I can obviously brute force this, but I feel like that would take forever. I'm not great with combinations, so I'm not exactly sure how many different combinations there would be if I wanted to brute force.
So my questions are, is brute forcing a feasible solution here, and if not, what's an example of an algorithm that could help me?
Thanks, Krzys.
EDIT:
Example:
List 1
[Apple - 12]
[Banana - 5]
[Orange - 8]
List 2
[Steak - 15]
[Chicken - 2]
[Fish - 7]
List 3
[Zebra - 20]
[Horse - 6]
[Elephant - 10]
So I'll start with list 1. This is what the program would do:
if (List1.Apple - List2.Steak < BestTradeAvailable) Then BestTradeAvailable = List1.Apple - List2.Steak
if (list1.Apple - List2.Chicken < BestTradeAvailable) Then BestTradeAvailable = list1.Apple - List2.Chicken
if (list1.Apple - list2.Fish < BestTradeAvailable) Then BestTradeAvailable = list1.Apple - list2.Fish
if (list1.Banana - List2.Steak < BestTradeAvailable) Then BestTradeAvailable = list1.Banana - List2.Steak
if (list1.Banana - List2.Chicken < BestTradeAvailable) Then BestTradeAvailable = list1.Banana - List2.Chicken
if (list1.Banana - List2.Fish < BestTradeAvailable) Then BestTradeAvailable = list1.Banana - List2.Fish
etc
I also want to do multiple items at a time so:
if (list1.Apple + list1.Banana - List2.Steak + List2.Chicken < BestTradeAvailable) Then BestTradeAvailable = list1.Apple + list1.Banana - List2.Steak + List2.Chicken
But as I said before, you could trade one item from list 1 and 2 items from list 2:
if (list1.Apple - List2.Steak + List2.Chicken < BestTradeAvailable) Then BestTradeAvailable = List1.Apple - List2.Steak + List2.Chicken
So basically, I just want to try find the best trade available.

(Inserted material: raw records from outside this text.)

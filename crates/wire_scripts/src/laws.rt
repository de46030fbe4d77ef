//! The laws of scripts. Each is the contract of a function that does nothing.

ghost use Rattle.wire_scripts.specs.Placed.{MovedIsPlacing};

/// The same jobs and calls on whatever nodes have a plan that is a placing of theirs.
pub fn moved_is_placing()
    ensures { MovedIsPlacing }
{}
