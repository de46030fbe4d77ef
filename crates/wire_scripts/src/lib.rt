//! What a plan says: its nodes, jobs and processes, and the calls of each process.
#![tactic(auto)]

mod canonical;
pub mod laws;
mod process;
mod scripts;
mod set_word;
mod sets;
mod texts;

pub use process::Process;
pub use scripts::{Format, Scripts, Tables};
pub use sets::Sets;
pub use texts::Texts;
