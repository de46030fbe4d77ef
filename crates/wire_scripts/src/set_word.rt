//! The word of a fence's set in the canonical text.

ghost use Rattle.std.specs.Prelude.{◌≡◌, ℕ, ◌<◌, ◌==◌, ◌++◌, not, length, slice_index_or, vec_len, false};
ghost use Rattle.std.specs.Prelude.{OnOk, IfOk};
ghost use Rattle.std.specs.List.{list_any};
ghost use Rattle.std.specs.Str.{bytes_eq as same_members};
ghost use Rattle.wire_runs.specs.Fences.{is_member};
ghost use Rattle.wire_types.specs.Said as said;
ghost use Rattle.wire_types.specs.Said.{spelled_set};
ghost use Rattle.wire_scripts.specs.Scripts.{numbers_of, set_at};
ghost use Rattle.wire_scripts.specs.Canonical.{process_at, rank_at, job_members, is_whole};
ghost use Rattle.wire_scripts.specs.Canonical.{process_items, set_items, set_said, items_text};

use crate::scripts::Scripts;
use std::alloc::{AllocError, Global};
use wire_types::{Proc, write_proc};

/// The numbers of a process's job and its rank there, 0 and 0 where there is no such process.
pub fn job_and_rank(scripts: &Scripts, proc: Proc) -> (u32, u32)
    ensures job { result.0 ≡ (process_at scripts.now proc.number).job }
    ensures rank { result.1 ≡ rank_at scripts.now proc.number }
{
    match scripts.processes().get(proc.index()) {
        Some(process) => (process.job(), process.rank()),
        None => (0, 0),
    }
}

/// Whether each process, by its number, is in a set.
pub(crate) fn presence(alloc: Global, set: &[Proc], count: usize) -> Result<Vec<bool>, AllocError>
    ensures len { IfOk result (λ v. vec_len v ≡ count) }
    ensures present { IfOk result (λ v. (p : ℕ) → p < count
        → slice_index_or v.items p false ≡ is_member (numbers_of set.now) p) }
{
    let mut present = vec![in alloc; false; count]?;
    for member in set {
        if let Some(slot) = present.get_mut(member.index()) {
            *slot = true;
        }
    }
    Ok(present)
}

/// The jobs of which a process isn't in a set, each once.
fn broken_jobs(alloc: Global, scripts: &Scripts, set: &[Proc]) -> Result<Vec<u32>, AllocError>
    ensures { IfOk result (λ v. (job : ℕ) →
        list_any (λ j. j == job) v.items ≡ not (is_whole scripts.now.processes (numbers_of set.now) job)) }
{
    let present = presence(alloc, set, scripts.processes().len())?;
    let mut broken = Vec::new(alloc);
    for (number, process) in scripts.processes().iter().enumerate() {
        if !present[number] && !broken.contains(&process.job()) {
            broken.push(process.job())?;
        }
    }
    Ok(broken)
}

/// Whether a set is just the processes of a job.
fn is_job(scripts: &Scripts, set: &[Proc], job: u32) -> bool
    ensures { result ≡ same_members (numbers_of set.now) (job_members scripts.now.processes job) }
{
    let mut rest = set;
    for (number, process) in scripts.processes().iter().enumerate() {
        if process.job() == job {
            match rest.split_first() {
                Some((member, others)) if member.index() == number => rest = others,
                _ => return false,
            }
        }
    }
    rest.is_empty()
}

/// Writes a process, or all of its job where the process is the job's first, with a comma after it.
fn write_item(
    out: &mut Vec<u8>,
    scripts: &Scripts,
    member: Proc,
    whole: bool,
) -> Result<(), AllocError>
    ensures { OnOk result (out.new.items ≡ out.old.items
        ++ items_text (process_items scripts.now whole member.number)) }
{
    let (job, rank) = job_and_rank(scripts, member);
    if !whole {
        write_proc(out, scripts.jobs().text(job), rank)?;
        out.push(b',')?;
    } else if rank == 0 {
        out.extend_from_slice(scripts.jobs().text(job))?;
        out.extend_from_slice(b":*,".as_slice())?;
    }
    Ok(())
}

/// The items of a set in process order, with commas between them.
fn listed_word(alloc: Global, scripts: &Scripts, set: &[Proc]) -> Result<Vec<u8>, AllocError>
    ensures { IfOk result (λ w.
        w.items ≡ spelled_set (said.Listed (set_items scripts.now (numbers_of set.now)))) }
{
    let broken = broken_jobs(alloc, scripts, set)?;
    let mut word = Vec::new(alloc);
    for member in set {
        let (job, _) = job_and_rank(scripts, *member);
        write_item(&mut word, scripts, *member, !broken.contains(&job))?;
    }
    word.pop();
    Ok(word)
}

/// The word of a set in a fence of a process of this job.
pub fn set_word(alloc: Global, scripts: &Scripts, job: u32, set: u32) -> Result<Vec<u8>, AllocError>
    ensures { IfOk result (λ w.
        w.items ≡ spelled_set (set_said scripts.now job (set_at scripts.now.sets set))) }
{
    let members = scripts.sets().members(set);
    if is_job(scripts, members, job) {
        Vec::from_slice(alloc, b"all".as_slice())
    } else {
        listed_word(alloc, scripts, members)
    }
}
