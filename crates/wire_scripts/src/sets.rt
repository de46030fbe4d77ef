//! Sets of processes by number.

ghost use Rattle.std.specs.Prelude.{◌≡◌, ◌==◌, ◌<◌, ◌^◌, [], length, map, slice_index_or};
ghost use Rattle.wire_scripts.specs.Scripts.{numbers_of};

use std::marker::Model;
use wire_types::Proc;

/// Sets of processes, with their places as their numbers, from 0.
pub struct Sets {
    list: Vec<Vec<Proc>>,
}

// By hand and not derived: so dropping one is a call, and the proof of a function that drops one doesn't take it apart.
impl Drop for Sets {
    fn drop(self) {
        let Sets { list: _ } = self;
    }
}

impl Model for Sets {
    ghost use Rattle.std.specs.Prelude.{List, ℕ, map, length, ◌<◌, ◌^◌};
    ghost use Rattle.wire_scripts.specs.Scripts.{numbers_of};

    ghost Value = { List (List ℕ) };

    ghost view = { λ s. map (λ v. numbers_of v.items) s.list.items };

    ghost invariant = { λ s. length s.list.items < 2 ^ 32 };
}

impl Sets {
    /// These sets, numbered in their order.
    pub fn new(list: Vec<Vec<Proc>>) -> Sets
        requires { length list.items < 2 ^ 32 }
        ensures { result ≡ map (λ v. numbers_of v.items) list.items }
    {
        Sets { list }
    }

    /// How many sets there are.
    pub fn len(&self) -> u32
        ensures { result ≡ length self.now }
    {
        self.list.len() as u32
    }

    /// Whether there is no set.
    pub fn is_empty(&self) -> bool
        ensures { result ≡ (length self.now == 0) }
    {
        self.list.is_empty()
    }

    /// The processes of the set of a number, none where the number has no set.
    pub fn members(&self, number: u32) -> &[Proc]
        ensures { numbers_of result.now ≡ slice_index_or self.now number [] }
    {
        match self.list.get(number as usize) {
            Some(set) => set.as_slice(),
            None => &[],
        }
    }
}

impl PartialEq for Sets {
    ghost use Rattle.wire_scripts.specs.Same.{same_texts, texts_alike};

    ghost eq = { same_texts };

    ghost laws = { texts_alike };

    fn eq(&self, other: &Sets) -> bool {
        self.list.as_slice() == other.list.as_slice()
    }
}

In this example, the best trade would be trading Apple + Orange to List3 for Zebra and Elephant, because this trade increase List1's total value by the highest amount.
如果你对这篇内容有疑问,欢迎到本站社区发帖提问 参与讨论,获取更多帮助,或者扫码二维码加入 Web 技术交流群。
绑定邮箱获取回复消息
由于您还没有绑定你的真实邮箱,如果其他用户或者作者回复了您的评论,将不能在第一时间通知您!
发布评论
评论(2)
本质上您需要对列表进行排序并取出前 28 个?
优先队列会起作用。
Essentially you need to sort the lists and take the top 28?
Priority queues would work.
暴力解决方案仅需要 O(n^2 * (m-1)) 时间复杂度,其中 n 是列表中的项目数,m 是列表数。如果你想查找所有组合,时间复杂度为 O(n^2 * (n-1) * (m-1)),你只需尝试 232848 个组合。或者所有组合都是n!如果顺序也很重要。
A brute force solution would take only O(n^2 * (m-1)) time complexity where n is the number of items in the list and m is the number of lists. If you want to look for all combinations it would be O(n^2 * (n-1) * (m-1)) time complexity that would only be 232848 combinations you have to try. Or all combinations is n! if the order is important, too.